Mayormente cuando hay “buenas nuevas”, y las oligarquías las celebran, se sabe sin dudar que traerán penurias a granel para el pueblo trabajador. Toda vez que celebran las maravillas de la tecnología para la transportación terrestre, marítima o aérea… la clase trabajadora sabe que no podrá subirse ni a los barcos ni a los automóviles, ni a los aviones que la burguesía aplaude y disfruta. Es el despojo como cultura del placer para unos cuantos mientras la mayoría que, directa o indirectamente, trabaja para producir o financiar las grande maravillas, simplemente mira y anhela, quizá algún día, gozar del producto de su trabajo. Pero siempre con una dosis de resignación y derrota.
Por eso abunda la desconfianza ante las “buenas nuevas”. Y todo empeora cuando se sabe que esas albricias salen del producto del trabajo y salen del torrente fiscal desviado siempre en beneficio de los que más tienen. Las “buenas nuevas” pesan como un lastre de impotencia y de humillación porque, bajo el imperio del capitalismo, desplazan a la mayoría de los seres humanos que, condenados al despojo, viven a penas con migajas o con limosnas. Las fiestas de los ricos son penurias para los pobres.
Vamos acostumbrándonos a la resignación y a lo macabro. Ante nuestros ojos las paradojas más aberrantes se han vuelto cosa cotidiana y todo lo malo nos resulta familiar. Por eso desconfiamos de lo que suene a bueno, honesto, trasparente o legal. Es la anti-política victoriosa y sustentada por los anti-valores oligarcas. Es la pachanga del saqueo y la explotación en un mundo de infortunios plagado con mentiras a metralla: la “pos-verdad” y la “plus mentira” elevadas al rango de dictadura de la identidad y del orgullo de clase.
Cuando los surrealistas (1924) descifraron, a su modo, al capitalismo, pusieron a descubierto el espanto descomunal del absurdo convertido en “realidad” gracias a las más retorcidas estrategias ideológicas de la clase dominante. Lo habían hecho los dadaístas montados en furia y lo perfeccionaron los surrealistas armados con poesía, entre otras muchas herramientas, para destapar conciencias. A su modo y con sus medios actualizaron las advertencias de Marx sobre la avaricia desbocada de la burguesía que tendría expresiones simbólicas no sólo en sus instituciones religiosas, judiciales o militares… sino en sus baluartes culturales y comunicacionales como armas de guerra ideológica.
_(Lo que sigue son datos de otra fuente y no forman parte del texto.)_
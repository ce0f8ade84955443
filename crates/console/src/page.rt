// The writing side: a lent buffer as a page, to which text is appended.
// A full page takes no more, so that no caller has to show that there is room.
ghost use Rattle.std.specs.Prelude.{◌≡◌, ◌<◌, [], ◌∷◌, take};
ghost use Rattle.std.specs.List.{flat_map};
ghost use Rattle.rules.specs.Listing.{figures, decimal_of};
ghost use Rattle.console.specs.Shown.{Puts};
ghost use Rattle.console.specs.Page.{page, put_one, put_all, glyph_of, pair_text, hex_of};

use crate::bases::{SIXTEEN, TEN, WIDE};

const ZERO: u8 = b'0';

// Added to 10, it gives `A`.
const BEFORE_A: u8 = b'A' - TEN;

// Stands for no bytes.
pub const DASH: u8 = b'-';

// A number of 64 bits has no more figures than this.
const MOST_FIGURES: usize = 20;

// A lent buffer with its length, and no String: the project has no heap.
#[derive(Drop)]
pub struct Page<'a> {
    pub bytes: &'a mut [u8],
    // So many of the bytes, from the first on, are in use.
    pub used: usize,
}

impl<'a> Page<'a> {
    // The bytes in use.
    pub fn text(&self) -> &[u8]
        ensures { result.now ≡ take self.now.used self.now.bytes.now }
    {
        front(self.bytes, self.used)
    }

    // A page to begin again; its bytes stay until others are put in their place.
    pub fn clear(&mut self)
        ensures { self.new ≡ record self.old { used = 0 } }
    {
        self.used = 0;
    }

    pub fn put(&mut self, b: u8)
        ensures { Puts (b ∷ []) self.old self.new }
    {
        self.used = put_at(self.bytes, self.used, b);
    }

    // One by one, and not by `copy_from_slice`: what does not fit is left out, and `put_at` says so once.
    pub fn put_all(&mut self, bytes: &[u8])
        ensures { Puts bytes.now self.old self.new }
    {
        let mut used = self.used;
        for b in bytes {
            used = put_at(self.bytes, used, *b);
        }
        self.used = used;
    }

    pub fn put_decimal(&mut self, n: u64)
        ensures { Puts (decimal_of n) self.old self.new }
    {
        self.used = put_figures(self.bytes, self.used, n, MOST_FIGURES);
    }

    // Bytes in hex, `-` for none.
    pub fn put_hex(&mut self, bytes: &[u8])
        ensures { Puts (hex_of bytes.now) self.old self.new }
    {
        if bytes.is_empty() {
            self.put(DASH);
            return;
        }
        let mut used = self.used;
        for b in bytes {
            used = put_pair(self.bytes, used, *b);
        }
        self.used = used;
    }
}

// One byte more after the first `at`, where there is room; gives back how many are in use then. A number beside the buffer, and no method: in a page the
// number lies in memory, and each byte would wait for the one before it.
pub(crate) fn put_at(out: &mut [u8], at: usize, b: u8) -> usize
    ensures { page out.new result ≡ put_one b (page out.old at) }
{
    if at < out.len() {
        out[at] = b;
        return at + 1;
    }
    at
}

// The front figures come first, so each call leaves them to one with a tenth of the number.
// A loop would be no plainer: it meets the last figure first, and would need a buffer to turn them round in. No Display: `fmt` says of a number that
// it is written, and `decimal_of`, which the listing's contract names, says which characters. The casts are proved to keep one figure.
fn put_figures(out: &mut [u8], at: usize, n: u64, most: usize) -> usize
    ensures { page out.new result ≡ put_all (figures most n) (page out.old at) }
{
    if most == 0 {
        return at;
    }
    if n < WIDE {
        return put_at(out, at, glyph(n as u8));
    }
    let end = put_figures(out, at, n / WIDE, most - 1);
    put_at(out, end, glyph((n % WIDE) as u8))
}

// Both digits of a byte.
fn put_pair(out: &mut [u8], at: usize, b: u8) -> usize
    ensures { page out.new result ≡ put_all (pair_text b) (page out.old at) }
{
    let end = put_at(out, at, glyph(b / SIXTEEN));
    put_at(out, end, glyph(b % SIXTEEN))
}

// The digit `d` as a character.
fn glyph(d: u8) -> u8
    requires { d < 16 }
    ensures { result ≡ glyph_of d }
{
    if d < TEN {
        return ZERO + d;
    }
    BEFORE_A + d
}

// The first bytes, no more than `used`.
pub fn front(bytes: &[u8], used: usize) -> &[u8]
    ensures { result.now ≡ take used bytes.now }
{
    bytes.get(..used).unwrap_or(bytes)
}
Todo lo más aberrante del capitalismo se coaguló en los campos de batalla ideológica como una especie de espejos de Alicia donde aquello que parece acercarnos a la emancipación (económica, sanitaria, laboral, educativa…) termina alejándonos, sin clemencia. Metamorfosis que desfigura toda hipotética “buena nueva” para la alegría y la degenera en tristeza, rabia y desesperanza. Y eso nunca es una “buena nueva”.
*Fernando Buen Abad Domínguez. Director del Instituto de Cultura y Comunicación. Universidad Nacional de Lanús.